La direttiva sulla tutela del diritto d’autore “va approvata con una legge delega ad hoc perché stiamo attraversando una situazione di fortissima depressione a causa del lockdown, mentre i mezzi digitali stanno esplodendo. La direttiva va applicata con pieno rigore della sua filosofia che è di riequilibro dei vantaggi economici tra un sistema digitale importante perché sarà la base del nostro futuro e gli autori e i produttori di beni culturali”. Lo ha detto Innocenzo Cipolletta, presidente di Confindustria Cultura Italia, intervenuto in commissione Politiche Ue del Senato nell’ambito delle audizioni sul ddl Delega Ue.

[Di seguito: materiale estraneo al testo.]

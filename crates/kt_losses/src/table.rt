//! A tool over losses: what it writes at the header, and for each closed run.
//! The rules: docs/STREAMS.md, "Tools over losses".
ghost use Rattle.std.specs.Prelude.{◌≡◌, ◌++◌, List, OnErr, OnOk, map};
ghost use Rattle.std.specs.List.{AllByRecursion};
ghost use Rattle.kt_loop.specs.Runs.{IsRun, loss_key};
ghost use Rattle.kt_losses.specs.Standing.{AreKnown};
ghost use Rattle.kt_runs.specs.RunLosses.{AreWithin};
ghost use Rattle.kt_stream.specs.Header.{IsHead};
ghost use Rattle.kt_stream.specs.Losses.{IsLoss};
ghost use Rattle.kt_stream.specs.declared.kind.StreamKind.TheVariants.{Gul};

use kt_money::Bytes;
use kt_stream::{Head, LossRecord, Placed};
use kt_tables::Portfolio;
use std::alloc::AllocError;

/// What a tool makes of a stream of losses.
pub(crate) trait LossTool {
    ghost use Rattle.kt_losses.specs.Judged.{LossTable};
    ghost use Rattle.kt_tables.specs.Portfolio.{PortfolioRows};

    /// What it makes.
    ghost table: { Self → LossTable };

    /// It serves this portfolio.
    ghost serves: { PortfolioRows → Self → Type 0 };

    /// Whether the losses are those of items, else of outputs.
    fn of_items(&self) -> bool
        ensures { result ≡ (table self.now).items };

    /// Appends what stands at the header. An error is want of memory, and nothing is appended then.
    fn put_heading(&self, head: Head, out: &mut Bytes) -> Result<(), AllocError>
        requires { IsHead Gul head }
        ensures ok { OnOk result (out.new ≡ out.old ++ (table self.now).heading head) }
        ensures unchanged { OnErr result (out.new ≡ out.old) };

    /// Appends what the records of a run give. Their ids are known, and their losses add to at most 10^16 cents at each sidx. An
    /// error is want of memory, and nothing is appended then.
    fn put_run(
        &self,
        portfolio: &Portfolio,
        head: Head,
        run: &[Placed<LossRecord>],
        out: &mut Bytes,
    ) -> Result<(), AllocError>
        requires serves { serves portfolio.now self.now }
        requires head { IsHead Gul head }
        requires good { AllByRecursion (λ placed. IsLoss head.samples placed.entry) run.now }
        requires rising { IsRun loss_key run.now }
        requires known { AreKnown (table self.now).items portfolio.now.rows run.now }
        requires within { AreWithin (map (λ placed. placed.entry) run.now) }
        ensures ok { OnOk result (out.new ≡ out.old ++ (table self.now).text portfolio.now head (map (λ placed. placed.entry) run.now)) }
        ensures unchanged { OnErr result (out.new ≡ out.old) };
}
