//! By what the records of a stream are split into runs.
//! The rules: docs/STREAMS.md, "Runs".
ghost use Rattle.std.specs.Prelude.{◌≡◌};
ghost use Rattle.kt_loop.specs.Runs.{goes_on};

use kt_stream::{Cdf, LossRecord, SummaryRecord};

/// The event of a record and its id: one number, or two, of which the first counts most.
#[derive(Clone, Copy)]
pub struct RunKey {
    /// The event's id.
    pub event: u32,
    /// The id, or its first number.
    pub id: u32,
    /// The second number of the id, 0 where it has one alone.
    pub second: u32,
}

/// A record that stands in a run.
pub trait RunRecord {
    ghost use Rattle.kt_loop.specs.declared.run_key.RunKey.{RunKey};

    /// Its event and its id.
    ghost key: { Self → RunKey };

    /// Its event and its id.
    fn run_key(&self) -> RunKey
        ensures { result ≡ key self.now };
}

impl RunRecord for Cdf {
    ghost use Rattle.kt_loop.specs.Runs.{cdf_key};

    ghost key = { cdf_key };

    fn run_key(&self) -> RunKey {
        RunKey {
            event: self.event,
            id: self.areaperil,
            second: self.vulnerability,
        }
    }
}

impl RunRecord for LossRecord {
    ghost use Rattle.kt_loop.specs.Runs.{loss_key};

    ghost key = { loss_key };

    fn run_key(&self) -> RunKey {
        RunKey {
            event: self.event,
            id: self.id,
            second: 0,
        }
    }
}

impl RunRecord for SummaryRecord {
    ghost use Rattle.kt_loop.specs.Runs.{summary_key};

    ghost key = { summary_key };

    fn run_key(&self) -> RunKey {
        RunKey {
            event: self.event,
            id: self.summary,
            second: 0,
        }
    }
}

/// Whether a record goes on the run of the record before it: it has the same event, and its id is greater.
pub(crate) fn goes_on_run(before: RunKey, next: RunKey) -> bool
    ensures { result ≡ goes_on before next }
{
    before.event == next.event
        && (before.id < next.id || (before.id == next.id && before.second < next.second))
}
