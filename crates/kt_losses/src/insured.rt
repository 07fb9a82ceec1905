//! The insured losses of a stream of ground-up losses.
//! The rules: docs/COMMANDS.md, "fmcalc".
ghost use Rattle.std.specs.Prelude.{◌≡◌, ◌≤◌, true, IfOk};
ghost use Rattle.kt_ends.specs.Ending.{StreamToolEnds};
ghost use Rattle.kt_alloc.specs.Index.{AreIndexed};
ghost use Rattle.kt_keys.specs.Refusals.{is_loaded};
ghost use Rattle.kt_loop.specs.Running.{stream_uses};
ghost use Rattle.kt_losses.specs.Judged.{judged_outcome};
ghost use Rattle.kt_losses.specs.Tables.{insured_table};
ghost use Rattle.kt_rec.specs.declared.table.Table.TheVariants as table;
ghost use Rattle.kt_structure.specs.Structure.{IsStructure, kept_by};
ghost use Rattle.kt_fmtree.specs.Programme.{tree_of};

use crate::heading::put_heading;
use crate::judging::write_losses;
use crate::table::LossTool;
use kt_alloc::{OutputIndex, put_insured};
use kt_ends::ToolStop;
use kt_money::Bytes;
use kt_out::{Sink, Source};
use kt_stream::{Head, LossRecord, Placed};
use kt_structure::Structure;
use kt_tables::Portfolio;
use std::alloc::{AllocError, Global};

/// The insured losses by the structure of the base and the outputs, by an allocation rule.
#[derive(Drop)]
struct InsuredLosses {
    alloc: Global,
    rule: u32,
    structure: Structure,
    outputs: OutputIndex,
}

impl LossTool for InsuredLosses {
    ghost use Rattle.std.specs.Prelude.{◌≡◌, ◌≤◌};
    ghost use Rattle.kt_fmtree.specs.Programme.{tree_of};
    ghost use Rattle.kt_structure.specs.Structure.{IsStructure, kept_by};
    ghost use Rattle.kt_alloc.specs.Index.{AreIndexed};
    ghost use Rattle.kt_losses.specs.Tables.{insured_table};

    ghost table = { λ tool. insured_table tool.rule };

    ghost serves = { λ portfolio tool. (tool.rule ≤ 2) × (IsStructure (tree_of portfolio.rows 0) (kept_by tool.structure) × AreIndexed portfolio.rows.fm_xref tool.outputs) };

    fn of_items(&self) -> bool {
        true
    }

    fn put_heading(&self, head: Head, out: &mut Bytes) -> Result<(), AllocError> {
        put_heading(head, out)
    }

    fn put_run(
        &self,
        portfolio: &Portfolio,
        head: Head,
        run: &[Placed<LossRecord>],
        out: &mut Bytes,
    ) -> Result<(), AllocError> {
        put_insured(
            self.alloc,
            portfolio,
            &self.structure,
            &self.outputs,
            head.samples,
            self.rule,
            run,
            out,
        )
    }
}

/// The tool of a portfolio.
fn insured_losses(
    alloc: Global,
    rule: u32,
    portfolio: &Portfolio,
) -> Result<InsuredLosses, AllocError>
    requires programme { is_loaded portfolio.now.need 0 table.FmProgramme ≡ true }
    ensures rule { IfOk result (λ tool. tool.rule ≡ rule) }
    ensures structure { IfOk result (λ tool. IsStructure (tree_of portfolio.now.rows 0) (kept_by tool.structure)) }
    ensures outputs { IfOk result (λ tool. AreIndexed portfolio.now.rows.fm_xref tool.outputs) }
{
    let structure = Structure::new(alloc, portfolio, 0)?;
    let outputs = OutputIndex::new(alloc, portfolio)?;
    Ok(InsuredLosses {
        alloc,
        rule,
        structure,
        outputs,
    })
}

/// Reads a stream of ground-up losses and writes their insured losses by a portfolio whose programme is loaded, by an allocation
/// rule from 0 to 2. An error is what refuses the stream, a record of it or its samples, a fault of the source or of
/// the sink, or want of memory: where it is refused the output of what came before is written, and any other error
/// leaves some front of the output.
pub fn write_insured<S: Source, K: Sink>(
    alloc: Global,
    rule: u32,
    portfolio: &Portfolio,
    source: &mut S,
    sink: &mut K,
) -> Result<(), ToolStop>
    requires rule { rule ≤ 2 }
    requires programme { is_loaded portfolio.now.need 0 table.FmProgramme ≡ true }
    ensures { StreamToolEnds (stream_uses true) (λ _ bytes. judged_outcome (insured_table rule) portfolio.now bytes) (S.state source.old) (S.state source.new) (K.state sink.old) (K.state sink.new) result }
{
    let tool = insured_losses(alloc, rule, portfolio)?;
    write_losses(alloc, portfolio, tool, source, sink)
}
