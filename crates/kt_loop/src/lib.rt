//! One loop under all tools that read a stream, and the calculations that it carries out.
#![tactic(auto)]

mod block;
mod by_run;
mod carry;
mod file;
pub mod laws;
mod memory;
mod record_reader;
mod run;
mod run_key;
mod run_list;
mod spill;
mod stage;
mod turn;

pub use block::{BLOCK, begin_block, zeros};
pub use by_run::{RunStage, run_by_run};
pub use file::read_piece;
pub use memory::keep_memory;
pub use record_reader::read_records;
pub use run::run_stage;
pub use run_key::{RunKey, RunRecord};
pub use stage::Stage;
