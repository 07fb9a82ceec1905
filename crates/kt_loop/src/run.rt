//! The loop: reads a stream block by block, and carries out a calculation over it.
//! The rules: docs/STREAMS.md, "Tools over streams".
ghost use Rattle.std.specs.Prelude.{◌≡◌, ◌+◌, ◌<◌, ◌≤◌, ℕ, Bool, List, [], ◌++◌, length, take, drop, None, Option, IfOk, IfSome};
ghost use Rattle.kt_out.specs.InputFiles.{InputsState};
ghost use Rattle.kt_out.specs.NamedFiles.{FileMap};
ghost use Rattle.kt_out.specs.OutputFiles.{OutputsState};
ghost use Rattle.kt_out.specs.Reading.{Reads, SourceState};
ghost use Rattle.kt_out.specs.Writing.{SinkState};
ghost use Rattle.kt_stream.specs.Reader.{Represents};
ghost use Rattle.kt_ends.specs.Ending.{AtEnd, Counted};
ghost use Rattle.kt_ends.specs.Hiding.{HidesNone};
ghost use Rattle.kt_ends.specs.Outcome.{Outcome};
ghost use Rattle.kt_ends.specs.World.{world};
ghost use Rattle.kt_ends.specs.Stops.{end_status, stop_status};
ghost use Rattle.kt_ends.specs.declared.tool_stop.ToolStop.TheVariants.{ReadFault};
ghost use Rattle.kt_loop.specs.Counts.{CountsRead, StopCounts};
ghost use Rattle.kt_loop.specs.Outcome.{outcome};
ghost use Rattle.kt_loop.specs.RecordStreams.{contents_of};
ghost use Rattle.kt_loop.specs.Running.{EndsRun};
ghost use Rattle.kt_loop.specs.Settling.{Settles, StopSettles, IsEnd};

use crate::block::begin_block;
use crate::record_reader::what_is_read_stays;
use crate::spill::spill;
use crate::stage::Stage;
use crate::turn::{begin, finish, turn};
use kt_ends::{Refusal, ToolStop};
use kt_money::Bytes;
use kt_out::{Failed, Sink, Source};
use kt_stream::{Entry, RecordReader};
use std::alloc::Global;

/// More turns than a stream has bytes: each turn but the last reads one at the least.
const TURNS: u64 = 1_099_511_627_778;

/// Takes the next bytes of the source into a block behind those that it begins with, and answers how many; 0 is the end.
fn read_behind<S: Source>(source: &mut S, block: &mut [u8], kept: usize) -> Result<usize, Failed>
    requires { kept < length block.old }

    ensures moved { Reads (S.state source.old) (S.state source.new) (drop kept block.old) (drop kept block.new) result }
    ensures front { take kept block.new ≡ take kept block.old }
    ensures within { IfOk result (λ n. kept + n ≤ length block.old) }
{
    source.read(&mut block[kept..])
}

/// Reads the stream to its end, to a refusal or to a fault.
fn read_all<E: Entry, W, T: Stage<E, W>, S: Source, K: Sink>(
    alloc: Global,
    reader: &mut RecordReader<E>,
    stage: &mut T,
    beside: &mut W,
    source: &mut S,
    sink: &mut K,
    out: &mut Bytes,
) -> Result<(), ToolStop>
    requires fresh { Represents E E.form [] [] reader.old }
    requires told { reader.old.shape ≡ T.shape stage.old }
    requires ready { T.is_ready None stage.old beside.old }
    requires empty { out.old ≡ [] }

    ensures settled { (start : T.State) → T.is_at start stage.old beside.old → IfSome (S.state source.old).left (λ bytes. Settles (outcome T.calculation start (contents_of E.form (T.shape stage.old) bytes)) (K.state sink.old).taken (K.state sink.new).taken out.new result) }
    ensures counted { (others : InputsState) → CountsRead (T.inputs others beside.old) (T.inputs others beside.new) (S.state source.old).faults (S.state source.new).faults (K.state sink.old).faults (K.state sink.new).faults result }
    ensures at_end { AtEnd (S.state source.old).left (S.state source.new).left (end_status result) }
    ensures hides_none { (start : T.State) → T.is_at start stage.old beside.old → HidesNone (λ bytes. outcome T.calculation start (contents_of E.form (T.shape stage.old) bytes)) (S.state source.old) (S.state source.new) (end_status result) }
{
    what_is_read_stays::<E>();
    let mut block = Vec::new(alloc);
    if let Err(why) = begin(reader, stage, beside, sink, out) {
        return Err(why);
    }
    'turns: for _ in 0..TURNS {
        let kept = reader.pending().len();
        if let Err(_) = begin_block(&mut block, reader.pending()) {
            return Err(ToolStop::NoMemory);
        }
        let read = match read_behind(source, block.as_mut_slice(), kept) {
            Ok(read) => read,
            Err(_) => return Err(ToolStop::ReadFault),
        };
        if read == 0 {
            return finish(reader, stage, beside, sink, out);
        }
        let stop = match turn(reader, &mut block, kept + read, stage, beside, sink, out) {
            Ok(stop) => stop,
            Err(why) => return Err(why),
        };
        if let Some(stop) = stop {
            return Err(ToolStop::Refused(Refusal::Stream(stop)));
        }
    }
    unreachable!()
}

/// Writes what is pending behind a refusal: how the run ends that stopped so.
fn settle<K: Sink>(stop: ToolStop, sink: &mut K, out: &mut Bytes) -> ToolStop
    ensures end { (made : Outcome) (before : Option (List ℕ)) → StopSettles made before (K.state sink.old).taken out.old stop → IsEnd made before (K.state sink.new).taken (stop_status result) }
    ensures counted { (inputs : InputsState) (inputs_now : InputsState) (outputs : OutputsState) (source : SourceState) (source_now : SourceState) (first : SinkState) → StopCounts inputs inputs_now source.faults source_now.faults first.faults (K.state sink.old).faults stop → Counted (world inputs outputs source first) (world inputs_now outputs source_now (K.state sink.new)) (stop_status result) }
    ensures unread { stop ≡ ReadFault → result ≡ ReadFault }
{
    match stop {
        ToolStop::Refused(refusal) => match spill(sink, out) {
            Ok(()) => ToolStop::Refused(refusal),
            Err(why) => why,
        },
        other => other,
    }
}

/// Reads a stream to its end and carries out the calculation of a stage over it: writes what the stage writes at the
/// header, at each record and at the end, in blocks. A refusal of the stage or of the stream ends it, with all text
/// before it written. An error is that refusal, a fault of the source, of the sink or of what the stage asks beside the
/// stream, or want of memory: of the text some front is written then.
pub fn run_stage<E: Entry, W, T: Stage<E, W>, S: Source, K: Sink>(
    alloc: Global,
    reader: &mut RecordReader<E>,
    stage: &mut T,
    beside: &mut W,
    source: &mut S,
    sink: &mut K,
) -> Result<(), ToolStop>
    requires fresh { Represents E E.form [] [] reader.old }
    requires told { reader.old.shape ≡ T.shape stage.old }
    requires ready { T.is_ready None stage.old beside.old }

    ensures ended { (asks : Bool) (made : FileMap → List ℕ → Outcome) (others : InputsState) (outputs : OutputsState) → EndsRun T.calculation (contents_of E.form (T.shape stage.old)) (λ state. T.is_at state stage.old beside.old) asks made (world (T.inputs others beside.old) outputs (S.state source.old) (K.state sink.old)) (world (T.inputs others beside.new) outputs (S.state source.new) (K.state sink.new)) (end_status result) }
{
    let mut out = Bytes::new(alloc);
    match read_all(alloc, reader, stage, beside, source, sink, &mut out) {
        Ok(()) => spill(sink, &mut out),
        Err(stop) => Err(settle(stop, sink, &mut out)),
    }
}
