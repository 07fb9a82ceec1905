//! Stages that calculate run by run.
//! The rules: docs/STREAMS.md, "Runs".
ghost use Rattle.std.specs.Prelude.{◌≡◌, ◌+◌, ℕ, List, [], ◌∷◌, ◌++◌, Bool, Option, None, Some, OnOk};
ghost use Rattle.std.specs.List.{AllByRecursion};
ghost use Rattle.kt_out.specs.InputFiles.{InputsState};
ghost use Rattle.kt_out.specs.NamedFiles.{FileMap};
ghost use Rattle.kt_out.specs.OutputFiles.{OutputsState};
ghost use Rattle.kt_stream.specs.Header.{IsHead};
ghost use Rattle.kt_stream.specs.Reader.{IsPlaced, Represents};
ghost use Rattle.kt_stream.specs.declared.entry.Placed.{Placed};
ghost use Rattle.kt_stream.specs.declared.kind.Head.{Head};
ghost use Rattle.kt_stream.specs.declared.kind.Shape.{Shape};
ghost use Rattle.kt_ends.specs.Outcome.{Outcome};
ghost use Rattle.kt_ends.specs.World.{world};
ghost use Rattle.kt_ends.specs.Stops.{end_status};
ghost use Rattle.kt_ends.specs.declared.status.Refusal.{Refusal};
ghost use Rattle.kt_loop.specs.ByRun.{RunCalculation, OpenRun, by_run, closing, judged};
ghost use Rattle.kt_loop.specs.Counts.{Consults};
ghost use Rattle.kt_loop.specs.RecordStreams.{contents_of};
ghost use Rattle.kt_loop.specs.RunSteps.{JudgesBy, ClosesBy, unwritten};
ghost use Rattle.kt_loop.specs.Running.{EndsRun};
ghost use Rattle.kt_loop.specs.Runs.{IsRun, bare, joins};
ghost use Rattle.kt_loop.specs.Steps.{StepsBy};

use crate::run::run_stage;
use crate::run_key::{RunRecord, goes_on_run};
use crate::run_list::RunList;
use crate::stage::Stage;
use kt_ends::ToolStop;
use kt_money::Bytes;
use kt_out::{Sink, Source};
use kt_stream::{Entry, Head, Placed, RecordReader, Reusable};
use std::alloc::Global;

/// A stage that gives, for a record behind those of its run, a refusal, and for the records of a closed run, the
/// bytes. `W` is what it asks beside the stream: the input files, or `()`.
pub trait RunStage<E: Entry + RunRecord, W> {
    /// What the stage was made with.
    ghost Kept: { Type 0 };

    /// What it calculates.
    ghost runs: { RunCalculation Head E Kept Refusal };

    /// It was made with this. Where files are asked that are not known it may stand for nothing.
    ghost is_at: { Kept → Self → W → Type 0 };

    /// It is ready for a header, or behind it for the record that follows these of the open run, with what it asks beside.
    ghost is_ready: { Option Head → List (Placed E) → Self → W → Type 0 };

    /// The shape of the streams that it stands on. No step changes it.
    ghost shape: { Self → Shape };

    /// The input files beside a call: those that it asks, or others, which it leaves as they are.
    ghost inputs: { InputsState → W → InputsState };

    /// Appends what is written at the header.
    fn open(&mut self, beside: &mut W, head: Head, out: &mut Bytes) -> Result<(), ToolStop>
        requires header { IsHead (shape self.old).kind head }
        requires ready { is_ready None [] self.old beside.old }

        ensures step { (kept : Kept) → is_at kept self.old beside.old → StepsBy (runs.opens head kept) (λ next. is_at next self.new beside.new) out.old out.new result }
        ensures ready { OnOk result (is_ready (Some head) [] self.new beside.new) }
        ensures shape { shape self.new ≡ shape self.old }
        ensures counted { (others : InputsState) → Consults (inputs others beside.old) (inputs others beside.new) result };

    /// Judges a record that stands behind the records of its run.
    fn judge(
        &mut self,
        beside: &mut W,
        head: Head,
        run: &[Placed<E>],
        placed: &Placed<E>,
    ) -> Result<(), ToolStop>
        requires header { IsHead (shape self.old).kind head }
        requires good { AllByRecursion (IsPlaced E E.form E.IsGood (shape self.old) head) run.now }
        requires next { IsPlaced E E.form E.IsGood (shape self.old) head placed.now }
        requires rising { IsRun E.key (run.now ++ placed.now ∷ []) }
        requires ready { is_ready (Some head) run.now self.old beside.old }

        ensures judged { (kept : Kept) → is_at kept self.old beside.old → JudgesBy (runs.refuses head kept run.now placed.now) (is_at kept self.new beside.new) result }
        ensures ready { OnOk result (is_ready (Some head) (run.now ++ placed.now ∷ []) self.new beside.new) }
        ensures shape { shape self.new ≡ shape self.old }
        ensures counted { (others : InputsState) → Consults (inputs others beside.old) (inputs others beside.new) result };

    /// Appends what the records of a closed run give.
    fn close(
        &mut self,
        beside: &mut W,
        head: Head,
        run: &[Placed<E>],
        out: &mut Bytes,
    ) -> Result<(), ToolStop>
        requires header { IsHead (shape self.old).kind head }
        requires good { AllByRecursion (IsPlaced E E.form E.IsGood (shape self.old) head) run.now }
        requires rising { IsRun E.key run.now }
        requires ready { is_ready (Some head) run.now self.old beside.old }

        ensures closed { (kept : Kept) → is_at kept self.old beside.old → ClosesBy (runs.closes head kept (bare run.now)) (is_at kept self.new beside.new) out.old out.new result }
        ensures ready { OnOk result (is_ready (Some head) [] self.new beside.new) }
        ensures shape { shape self.new ≡ shape self.old }
        ensures counted { (others : InputsState) → Consults (inputs others beside.old) (inputs others beside.new) result };
}

/// A stage run by run, with the records of the run that is open.
#[derive(Drop)]
struct ByRun<E, C> {
    stage: C,
    run: RunList<E>,
}

/// Whether a record goes on a run.
fn joins_run<E: RunRecord>(run: &[Placed<E>], placed: &Placed<E>) -> bool
    ensures { result ≡ joins E.key run.now placed.now }
{
    if run.is_empty() {
        return false;
    }
    let last = &run[run.len() - 1];
    goes_on_run(last.entry.run_key(), placed.entry.run_key())
}

/// Judges a record, and keeps it behind those of its run.
fn judge_next<E: Entry + RunRecord + Reusable, W, C: RunStage<E, W>>(
    it: &mut ByRun<E, C>,
    beside: &mut W,
    head: Head,
    placed: &Placed<E>,
) -> Result<(), ToolStop>
    requires header { IsHead (C.shape it.old.stage).kind head }
    requires good { AllByRecursion (IsPlaced E E.form E.IsGood (C.shape it.old.stage) head) it.old.run }
    requires next { IsPlaced E E.form E.IsGood (C.shape it.old.stage) head placed.now }
    requires rising { IsRun E.key (it.old.run ++ placed.now ∷ []) }
    requires ready { C.is_ready (Some head) it.old.run it.old.stage beside.old }

    ensures step { (kept : C.Kept) → C.is_at kept it.old.stage beside.old → StepsBy (unwritten (judged kept it.old.run placed.now (C.runs.refuses head kept it.old.run placed.now))) (λ next. C.is_at next.kept it.new.stage beside.new × (it.new.run ≡ next.run)) [] [] result }
    ensures good { OnOk result (AllByRecursion (IsPlaced E E.form E.IsGood (C.shape it.new.stage) head) it.new.run) }
    ensures rising { OnOk result (IsRun E.key it.new.run) }
    ensures ready { OnOk result (C.is_ready (Some head) it.new.run it.new.stage beside.new) }
    ensures shape { C.shape it.new.stage ≡ C.shape it.old.stage }
    ensures counted { (others : InputsState) → Consults (C.inputs others beside.old) (C.inputs others beside.new) result }
{
    if let Err(why) = it.stage.judge(beside, head, it.run.as_slice(), placed) {
        return Err(why);
    }
    if it.run.push(placed).is_err() {
        return Err(ToolStop::NoMemory);
    }
    Ok(())
}

/// Closes the open run, if there is one.
fn close_open<E: Entry + RunRecord + Reusable, W, C: RunStage<E, W>>(
    it: &mut ByRun<E, C>,
    beside: &mut W,
    head: Head,
    out: &mut Bytes,
) -> Result<(), ToolStop>
    requires header { IsHead (C.shape it.old.stage).kind head }
    requires good { AllByRecursion (IsPlaced E E.form E.IsGood (C.shape it.old.stage) head) it.old.run }
    requires rising { IsRun E.key it.old.run }
    requires ready { C.is_ready (Some head) it.old.run it.old.stage beside.old }

    ensures closed { (kept : C.Kept) → C.is_at kept it.old.stage beside.old → ClosesBy (closing C.runs head kept it.old.run) (C.is_at kept it.new.stage beside.new) out.old out.new result }
    ensures emptied { OnOk result (it.new.run ≡ []) }
    ensures ready { OnOk result (C.is_ready (Some head) [] it.new.stage beside.new) }
    ensures shape { C.shape it.new.stage ≡ C.shape it.old.stage }
    ensures counted { (others : InputsState) → Consults (C.inputs others beside.old) (C.inputs others beside.new) result }
{
    if it.run.as_slice().is_empty() {
        return Ok(());
    }
    if let Err(why) = it.stage.close(beside, head, it.run.as_slice(), out) {
        return Err(why);
    }
    it.run.clear();
    Ok(())
}

impl<E: Entry + RunRecord + Reusable, W, C: RunStage<E, W>> Stage<E, W> for ByRun<E, C> {
    ghost use Rattle.std.specs.Prelude.{◌≡◌, []};
    ghost use Rattle.std.specs.List.{AllByRecursion};
    ghost use Rattle.kt_stream.specs.Reader.{IsPlaced};
    ghost use Rattle.kt_loop.specs.ByRun.{OpenRun, by_run};
    ghost use Rattle.kt_loop.specs.RunSteps.{IsReady};
    ghost use Rattle.kt_loop.specs.Runs.{IsRun};

    ghost State = { OpenRun C.Kept E };

    ghost calculation = { by_run E.key C.runs };

    ghost is_at = { λ state it beside. C.is_at state.kept it.stage beside × (it.run ≡ state.run) };

    ghost is_ready = { λ header it beside. C.is_ready header it.run it.stage beside × (IsReady (IsPlaced E E.form E.IsGood (C.shape it.stage)) header it.run × IsRun E.key it.run) };

    ghost shape = { λ it. C.shape it.stage };

    ghost inputs = { C.inputs };

    fn open(&mut self, beside: &mut W, head: Head, out: &mut Bytes) -> Result<(), ToolStop> {
        self.stage.open(beside, head, out)
    }

    fn take(
        &mut self,
        beside: &mut W,
        head: Head,
        placed: &Placed<E>,
        out: &mut Bytes,
    ) -> Result<(), ToolStop> {
        if joins_run(self.run.as_slice(), placed) {
            return judge_next(self, beside, head, placed);
        }
        if let Err(why) = close_open(self, beside, head, out) {
            return Err(why);
        }
        judge_next(self, beside, head, placed)
    }

    fn end(&mut self, beside: &mut W, head: Head, out: &mut Bytes) -> Result<(), ToolStop> {
        close_open(self, beside, head, out)
    }
}

/// Reads a stream to its end and carries out a calculation run by run over it: writes what stands at the header, and
/// then what each closed run gives. A record that opens a run closes the one before it, also where it is then refused;
/// the end of the stream closes the last run only where the stream ends without a fault.
pub fn run_by_run<E: Entry + RunRecord + Reusable, W, C: RunStage<E, W> + Drop, S: Source, K: Sink>(
    alloc: Global,
    reader: &mut RecordReader<E>,
    stage: C,
    beside: &mut W,
    source: &mut S,
    sink: &mut K,
) -> Result<(), ToolStop>
    requires fresh { Represents E E.form [] [] reader.old }
    requires told { reader.old.shape ≡ C.shape stage }
    requires ready { C.is_ready None [] stage beside.old }

    ensures ended { (asks : Bool) (made : FileMap → List ℕ → Outcome) (others : InputsState) (outputs : OutputsState) → EndsRun (by_run E.key C.runs) (contents_of E.form (C.shape stage)) (λ state. C.is_at state.kept stage beside.old × ([] ≡ state.run)) asks made (world (C.inputs others beside.old) outputs (S.state source.old) (K.state sink.old)) (world (C.inputs others beside.new) outputs (S.state source.new) (K.state sink.new)) (end_status result) }
{
    let mut by_run = ByRun {
        stage,
        run: RunList::new(alloc),
    };
    run_stage(alloc, reader, &mut by_run, beside, source, sink)
}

“Noi giudichiamo la proposta del governo positiva ed equilibrata, è importante che sia attuata con rigore in modo da rispettare il diritto d’autore”, ha affermato Cipolletta che ha aggiunto: “Chiediamo che questa direttiva venga applicata in Italia in maniera armonica con quanto avviene negli altri paesi europei. Per questo chiediamo al Parlamento e alla commissione di inviare al governo un atto d’indirizzo affinché l’esecutivo segua i tavoli europei nei quali si discutono le armonizzazioni di questa direttiva. E’ importante, infatti, che quello che viene deciso in Italia non possa essere contraddetto da altri paesi”.